:: Your task ::
Line by line, please look for the word "struct" in the following records, then copy each line you find it in.

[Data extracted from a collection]
Content starts

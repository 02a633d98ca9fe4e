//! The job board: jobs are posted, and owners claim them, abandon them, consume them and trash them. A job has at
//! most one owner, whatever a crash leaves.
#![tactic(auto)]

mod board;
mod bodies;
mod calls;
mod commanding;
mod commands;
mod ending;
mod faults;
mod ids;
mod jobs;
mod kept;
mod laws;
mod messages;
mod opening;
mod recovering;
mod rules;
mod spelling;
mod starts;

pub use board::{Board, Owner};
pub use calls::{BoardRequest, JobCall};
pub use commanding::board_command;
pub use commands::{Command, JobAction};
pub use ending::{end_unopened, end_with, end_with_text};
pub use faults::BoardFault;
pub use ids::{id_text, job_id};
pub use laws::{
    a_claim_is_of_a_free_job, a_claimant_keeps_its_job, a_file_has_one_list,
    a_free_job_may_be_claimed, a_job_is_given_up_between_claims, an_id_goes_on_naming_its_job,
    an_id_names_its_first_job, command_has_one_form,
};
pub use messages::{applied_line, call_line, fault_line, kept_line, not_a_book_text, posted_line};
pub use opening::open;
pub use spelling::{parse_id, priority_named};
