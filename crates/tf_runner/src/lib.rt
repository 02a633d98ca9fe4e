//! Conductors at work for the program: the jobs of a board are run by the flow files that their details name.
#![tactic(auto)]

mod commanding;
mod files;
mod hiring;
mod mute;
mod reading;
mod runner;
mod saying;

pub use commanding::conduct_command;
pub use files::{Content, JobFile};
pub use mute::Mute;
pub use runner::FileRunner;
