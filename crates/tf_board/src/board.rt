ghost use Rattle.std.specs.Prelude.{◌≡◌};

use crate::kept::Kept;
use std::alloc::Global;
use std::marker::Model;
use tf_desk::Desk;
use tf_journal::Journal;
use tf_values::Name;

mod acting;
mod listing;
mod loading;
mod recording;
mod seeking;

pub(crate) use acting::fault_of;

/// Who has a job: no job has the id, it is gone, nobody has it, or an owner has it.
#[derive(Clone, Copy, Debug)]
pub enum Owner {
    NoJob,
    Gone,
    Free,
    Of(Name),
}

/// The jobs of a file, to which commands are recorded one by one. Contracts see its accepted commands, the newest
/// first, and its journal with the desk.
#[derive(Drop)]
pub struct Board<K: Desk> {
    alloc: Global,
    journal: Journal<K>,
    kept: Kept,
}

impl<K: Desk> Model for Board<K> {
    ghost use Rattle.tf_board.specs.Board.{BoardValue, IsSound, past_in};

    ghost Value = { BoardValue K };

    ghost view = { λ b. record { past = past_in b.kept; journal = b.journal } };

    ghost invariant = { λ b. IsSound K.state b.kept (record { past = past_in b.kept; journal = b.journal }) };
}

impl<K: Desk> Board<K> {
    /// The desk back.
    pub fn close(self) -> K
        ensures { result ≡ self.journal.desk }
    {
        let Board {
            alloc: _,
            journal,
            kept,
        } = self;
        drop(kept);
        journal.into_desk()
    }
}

Content ends
Content starts

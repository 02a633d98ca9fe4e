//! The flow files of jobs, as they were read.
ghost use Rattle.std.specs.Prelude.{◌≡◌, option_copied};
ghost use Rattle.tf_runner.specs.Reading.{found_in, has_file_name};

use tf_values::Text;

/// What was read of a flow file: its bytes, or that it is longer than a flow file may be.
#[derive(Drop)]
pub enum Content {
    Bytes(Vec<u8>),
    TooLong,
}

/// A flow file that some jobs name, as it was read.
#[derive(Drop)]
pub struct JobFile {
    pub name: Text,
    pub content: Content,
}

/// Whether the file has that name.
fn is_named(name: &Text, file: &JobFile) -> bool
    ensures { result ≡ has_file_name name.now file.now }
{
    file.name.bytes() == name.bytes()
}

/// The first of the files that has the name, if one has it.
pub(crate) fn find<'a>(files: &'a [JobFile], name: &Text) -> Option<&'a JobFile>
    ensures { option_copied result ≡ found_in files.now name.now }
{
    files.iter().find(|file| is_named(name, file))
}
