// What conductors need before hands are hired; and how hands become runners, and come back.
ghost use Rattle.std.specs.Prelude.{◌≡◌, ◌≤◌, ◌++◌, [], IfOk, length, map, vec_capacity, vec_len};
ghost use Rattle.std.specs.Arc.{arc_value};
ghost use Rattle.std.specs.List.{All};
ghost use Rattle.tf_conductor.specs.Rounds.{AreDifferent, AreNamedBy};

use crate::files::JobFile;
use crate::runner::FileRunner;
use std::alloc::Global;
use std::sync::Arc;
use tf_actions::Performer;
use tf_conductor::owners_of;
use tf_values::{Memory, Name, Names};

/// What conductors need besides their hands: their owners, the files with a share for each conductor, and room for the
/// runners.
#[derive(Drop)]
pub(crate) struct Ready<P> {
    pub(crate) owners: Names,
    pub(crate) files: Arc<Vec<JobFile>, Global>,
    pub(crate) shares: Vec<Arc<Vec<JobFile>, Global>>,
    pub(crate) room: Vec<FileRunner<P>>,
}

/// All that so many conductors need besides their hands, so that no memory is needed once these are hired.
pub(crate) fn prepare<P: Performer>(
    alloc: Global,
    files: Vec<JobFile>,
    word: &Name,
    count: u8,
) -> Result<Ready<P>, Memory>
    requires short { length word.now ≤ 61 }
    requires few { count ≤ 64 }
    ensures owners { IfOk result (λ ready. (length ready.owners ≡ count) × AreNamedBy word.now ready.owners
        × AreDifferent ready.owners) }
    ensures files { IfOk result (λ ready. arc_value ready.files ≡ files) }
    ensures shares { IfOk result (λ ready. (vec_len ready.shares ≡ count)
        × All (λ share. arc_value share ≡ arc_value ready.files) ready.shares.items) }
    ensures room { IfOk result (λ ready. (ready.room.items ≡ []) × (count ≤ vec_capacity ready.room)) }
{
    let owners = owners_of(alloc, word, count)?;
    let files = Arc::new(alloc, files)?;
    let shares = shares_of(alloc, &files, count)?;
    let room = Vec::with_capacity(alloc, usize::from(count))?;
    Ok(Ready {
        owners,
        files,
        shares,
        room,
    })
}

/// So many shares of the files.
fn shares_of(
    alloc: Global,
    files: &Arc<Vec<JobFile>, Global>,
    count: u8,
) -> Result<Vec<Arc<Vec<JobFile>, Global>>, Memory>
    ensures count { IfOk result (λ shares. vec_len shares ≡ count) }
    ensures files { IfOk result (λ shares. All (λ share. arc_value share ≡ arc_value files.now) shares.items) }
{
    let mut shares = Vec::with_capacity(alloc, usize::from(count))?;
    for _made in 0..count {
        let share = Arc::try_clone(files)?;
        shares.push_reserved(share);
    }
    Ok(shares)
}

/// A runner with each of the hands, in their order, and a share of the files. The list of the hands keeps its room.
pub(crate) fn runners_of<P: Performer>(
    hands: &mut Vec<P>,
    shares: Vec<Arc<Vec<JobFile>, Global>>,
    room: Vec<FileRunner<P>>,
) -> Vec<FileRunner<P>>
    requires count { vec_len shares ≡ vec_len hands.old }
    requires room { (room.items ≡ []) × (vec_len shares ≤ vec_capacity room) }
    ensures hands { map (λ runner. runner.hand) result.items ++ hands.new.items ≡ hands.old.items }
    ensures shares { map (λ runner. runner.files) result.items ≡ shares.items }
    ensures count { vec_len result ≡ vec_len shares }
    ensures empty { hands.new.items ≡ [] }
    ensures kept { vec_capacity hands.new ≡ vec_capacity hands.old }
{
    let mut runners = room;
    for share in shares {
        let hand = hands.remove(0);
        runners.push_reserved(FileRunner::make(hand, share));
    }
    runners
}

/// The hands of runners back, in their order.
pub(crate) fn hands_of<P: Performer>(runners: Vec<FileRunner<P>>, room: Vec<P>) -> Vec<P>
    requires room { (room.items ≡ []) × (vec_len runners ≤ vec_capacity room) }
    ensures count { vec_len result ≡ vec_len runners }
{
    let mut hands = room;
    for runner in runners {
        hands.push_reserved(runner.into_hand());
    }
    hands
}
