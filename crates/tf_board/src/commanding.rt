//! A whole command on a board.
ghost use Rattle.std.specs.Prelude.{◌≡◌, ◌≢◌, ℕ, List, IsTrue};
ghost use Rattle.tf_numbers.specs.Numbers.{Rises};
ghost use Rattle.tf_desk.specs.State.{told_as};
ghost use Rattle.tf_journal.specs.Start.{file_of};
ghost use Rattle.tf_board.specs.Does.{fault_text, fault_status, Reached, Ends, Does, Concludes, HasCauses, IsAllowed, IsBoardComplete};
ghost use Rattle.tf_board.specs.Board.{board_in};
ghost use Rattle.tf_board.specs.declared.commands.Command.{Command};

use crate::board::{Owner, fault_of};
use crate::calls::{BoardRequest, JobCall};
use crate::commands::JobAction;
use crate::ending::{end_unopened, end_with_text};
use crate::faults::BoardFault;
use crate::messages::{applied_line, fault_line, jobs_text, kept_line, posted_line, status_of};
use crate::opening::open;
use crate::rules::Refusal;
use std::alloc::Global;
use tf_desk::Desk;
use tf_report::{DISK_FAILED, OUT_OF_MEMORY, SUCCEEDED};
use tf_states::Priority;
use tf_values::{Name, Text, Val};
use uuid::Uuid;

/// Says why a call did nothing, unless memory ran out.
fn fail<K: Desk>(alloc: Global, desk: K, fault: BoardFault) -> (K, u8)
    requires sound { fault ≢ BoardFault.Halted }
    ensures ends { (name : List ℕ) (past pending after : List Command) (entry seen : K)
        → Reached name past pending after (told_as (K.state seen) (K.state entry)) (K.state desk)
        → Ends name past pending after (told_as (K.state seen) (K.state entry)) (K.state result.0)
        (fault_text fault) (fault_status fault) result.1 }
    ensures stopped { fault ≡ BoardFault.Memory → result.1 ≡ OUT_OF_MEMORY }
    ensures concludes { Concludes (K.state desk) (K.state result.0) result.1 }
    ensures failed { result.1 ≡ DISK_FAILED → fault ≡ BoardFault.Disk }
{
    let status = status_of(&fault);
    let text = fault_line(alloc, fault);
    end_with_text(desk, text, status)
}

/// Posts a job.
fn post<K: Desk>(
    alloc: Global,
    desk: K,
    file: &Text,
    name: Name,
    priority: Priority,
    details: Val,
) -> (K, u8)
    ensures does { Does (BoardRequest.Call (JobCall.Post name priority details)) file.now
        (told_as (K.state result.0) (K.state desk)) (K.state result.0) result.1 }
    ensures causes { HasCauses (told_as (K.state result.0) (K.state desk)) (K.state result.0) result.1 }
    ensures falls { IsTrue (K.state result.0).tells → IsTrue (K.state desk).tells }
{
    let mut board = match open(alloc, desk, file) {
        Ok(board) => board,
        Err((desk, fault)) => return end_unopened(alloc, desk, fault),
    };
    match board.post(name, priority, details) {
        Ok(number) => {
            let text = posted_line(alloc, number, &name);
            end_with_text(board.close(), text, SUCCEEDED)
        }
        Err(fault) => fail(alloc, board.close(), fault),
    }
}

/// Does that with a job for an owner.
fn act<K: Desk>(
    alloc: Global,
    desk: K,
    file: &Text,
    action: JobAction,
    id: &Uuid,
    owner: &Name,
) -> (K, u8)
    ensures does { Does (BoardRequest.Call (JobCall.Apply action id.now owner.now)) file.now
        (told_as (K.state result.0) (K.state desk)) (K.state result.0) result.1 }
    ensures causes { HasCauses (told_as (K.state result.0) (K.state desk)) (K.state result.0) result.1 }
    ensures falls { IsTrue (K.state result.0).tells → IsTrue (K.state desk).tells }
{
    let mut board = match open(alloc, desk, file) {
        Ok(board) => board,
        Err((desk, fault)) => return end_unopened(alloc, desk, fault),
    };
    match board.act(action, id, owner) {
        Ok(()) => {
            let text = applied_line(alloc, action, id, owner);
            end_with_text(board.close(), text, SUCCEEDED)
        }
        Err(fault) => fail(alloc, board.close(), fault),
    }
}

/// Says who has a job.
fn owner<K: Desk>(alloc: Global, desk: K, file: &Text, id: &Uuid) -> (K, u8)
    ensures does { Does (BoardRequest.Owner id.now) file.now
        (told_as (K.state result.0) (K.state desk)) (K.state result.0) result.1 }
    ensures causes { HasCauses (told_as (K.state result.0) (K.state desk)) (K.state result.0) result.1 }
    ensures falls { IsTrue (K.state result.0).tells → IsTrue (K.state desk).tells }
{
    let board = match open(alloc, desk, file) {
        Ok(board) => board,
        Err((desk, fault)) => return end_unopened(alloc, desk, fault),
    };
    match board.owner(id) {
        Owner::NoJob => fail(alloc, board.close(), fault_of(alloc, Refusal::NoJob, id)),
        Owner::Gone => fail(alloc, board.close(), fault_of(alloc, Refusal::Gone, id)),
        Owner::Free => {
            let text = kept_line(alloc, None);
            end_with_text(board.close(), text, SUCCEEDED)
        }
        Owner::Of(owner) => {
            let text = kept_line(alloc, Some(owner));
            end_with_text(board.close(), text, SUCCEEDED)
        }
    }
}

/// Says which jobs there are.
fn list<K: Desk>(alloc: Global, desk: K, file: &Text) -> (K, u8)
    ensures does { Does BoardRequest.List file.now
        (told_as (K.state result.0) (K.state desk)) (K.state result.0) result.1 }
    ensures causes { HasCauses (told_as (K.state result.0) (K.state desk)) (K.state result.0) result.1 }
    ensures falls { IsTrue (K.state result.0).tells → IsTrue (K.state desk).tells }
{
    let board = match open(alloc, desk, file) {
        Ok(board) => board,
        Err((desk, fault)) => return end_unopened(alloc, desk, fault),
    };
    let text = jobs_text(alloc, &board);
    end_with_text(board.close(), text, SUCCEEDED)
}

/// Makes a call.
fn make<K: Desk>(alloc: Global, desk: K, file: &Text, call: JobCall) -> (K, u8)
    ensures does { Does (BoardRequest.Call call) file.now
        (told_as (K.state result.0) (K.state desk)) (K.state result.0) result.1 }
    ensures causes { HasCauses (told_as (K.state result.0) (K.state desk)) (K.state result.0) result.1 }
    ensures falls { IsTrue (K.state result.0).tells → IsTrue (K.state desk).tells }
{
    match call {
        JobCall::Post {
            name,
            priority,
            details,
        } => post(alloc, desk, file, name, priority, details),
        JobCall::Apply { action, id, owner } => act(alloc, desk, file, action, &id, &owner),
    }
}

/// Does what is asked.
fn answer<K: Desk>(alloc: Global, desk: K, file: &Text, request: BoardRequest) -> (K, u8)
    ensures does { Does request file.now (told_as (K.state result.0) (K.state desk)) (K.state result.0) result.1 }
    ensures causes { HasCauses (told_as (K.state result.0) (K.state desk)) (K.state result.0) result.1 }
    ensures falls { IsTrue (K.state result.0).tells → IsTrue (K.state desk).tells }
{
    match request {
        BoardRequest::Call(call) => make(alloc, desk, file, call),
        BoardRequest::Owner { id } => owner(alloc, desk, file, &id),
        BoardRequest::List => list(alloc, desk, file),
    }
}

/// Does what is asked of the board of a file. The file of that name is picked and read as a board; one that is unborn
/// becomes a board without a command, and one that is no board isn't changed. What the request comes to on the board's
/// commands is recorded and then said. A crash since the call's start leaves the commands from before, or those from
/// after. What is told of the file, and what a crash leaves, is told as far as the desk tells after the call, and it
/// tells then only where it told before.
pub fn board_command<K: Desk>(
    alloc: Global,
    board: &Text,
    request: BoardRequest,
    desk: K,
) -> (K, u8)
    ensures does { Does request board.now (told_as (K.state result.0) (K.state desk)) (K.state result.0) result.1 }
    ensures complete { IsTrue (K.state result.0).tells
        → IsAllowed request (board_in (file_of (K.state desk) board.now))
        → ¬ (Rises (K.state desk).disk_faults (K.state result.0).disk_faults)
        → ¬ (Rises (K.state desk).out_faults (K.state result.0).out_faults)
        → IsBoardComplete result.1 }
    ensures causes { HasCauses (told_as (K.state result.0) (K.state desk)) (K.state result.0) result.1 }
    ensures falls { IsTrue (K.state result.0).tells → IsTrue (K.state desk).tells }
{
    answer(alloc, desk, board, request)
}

Content ends
Content starts

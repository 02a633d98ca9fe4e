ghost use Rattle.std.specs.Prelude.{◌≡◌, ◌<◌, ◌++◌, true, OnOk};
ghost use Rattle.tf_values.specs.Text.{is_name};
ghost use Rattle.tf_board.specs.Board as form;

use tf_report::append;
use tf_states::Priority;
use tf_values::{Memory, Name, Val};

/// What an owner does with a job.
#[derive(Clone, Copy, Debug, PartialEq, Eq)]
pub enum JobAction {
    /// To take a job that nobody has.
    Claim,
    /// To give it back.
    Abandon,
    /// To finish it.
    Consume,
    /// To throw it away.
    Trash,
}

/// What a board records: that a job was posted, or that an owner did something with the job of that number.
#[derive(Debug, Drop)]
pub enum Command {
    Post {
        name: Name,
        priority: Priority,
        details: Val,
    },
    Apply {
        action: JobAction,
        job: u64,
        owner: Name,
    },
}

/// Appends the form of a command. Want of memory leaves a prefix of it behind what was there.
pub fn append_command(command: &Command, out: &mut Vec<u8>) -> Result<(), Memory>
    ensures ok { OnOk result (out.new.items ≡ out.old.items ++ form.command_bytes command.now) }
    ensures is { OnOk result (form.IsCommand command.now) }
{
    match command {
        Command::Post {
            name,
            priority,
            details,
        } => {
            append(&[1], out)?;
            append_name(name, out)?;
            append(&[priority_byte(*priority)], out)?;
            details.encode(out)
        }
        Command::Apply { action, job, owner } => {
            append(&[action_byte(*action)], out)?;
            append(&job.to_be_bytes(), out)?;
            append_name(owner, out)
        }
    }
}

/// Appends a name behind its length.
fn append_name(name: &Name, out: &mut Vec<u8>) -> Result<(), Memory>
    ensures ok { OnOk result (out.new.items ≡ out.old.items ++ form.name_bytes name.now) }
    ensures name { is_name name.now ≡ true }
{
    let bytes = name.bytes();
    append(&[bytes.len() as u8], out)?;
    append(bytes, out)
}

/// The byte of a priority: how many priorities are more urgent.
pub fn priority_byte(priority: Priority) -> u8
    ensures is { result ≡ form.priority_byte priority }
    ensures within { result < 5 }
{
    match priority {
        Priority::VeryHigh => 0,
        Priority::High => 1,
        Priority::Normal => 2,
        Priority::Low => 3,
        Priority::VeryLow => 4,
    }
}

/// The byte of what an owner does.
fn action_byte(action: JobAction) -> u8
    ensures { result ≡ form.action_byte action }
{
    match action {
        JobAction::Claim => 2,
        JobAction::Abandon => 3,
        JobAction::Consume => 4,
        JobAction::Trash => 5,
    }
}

Content ends

:: Answer box ::
pub struct Board<K: Desk> {
pub struct JobFile {
pub(crate) struct Ready<P> {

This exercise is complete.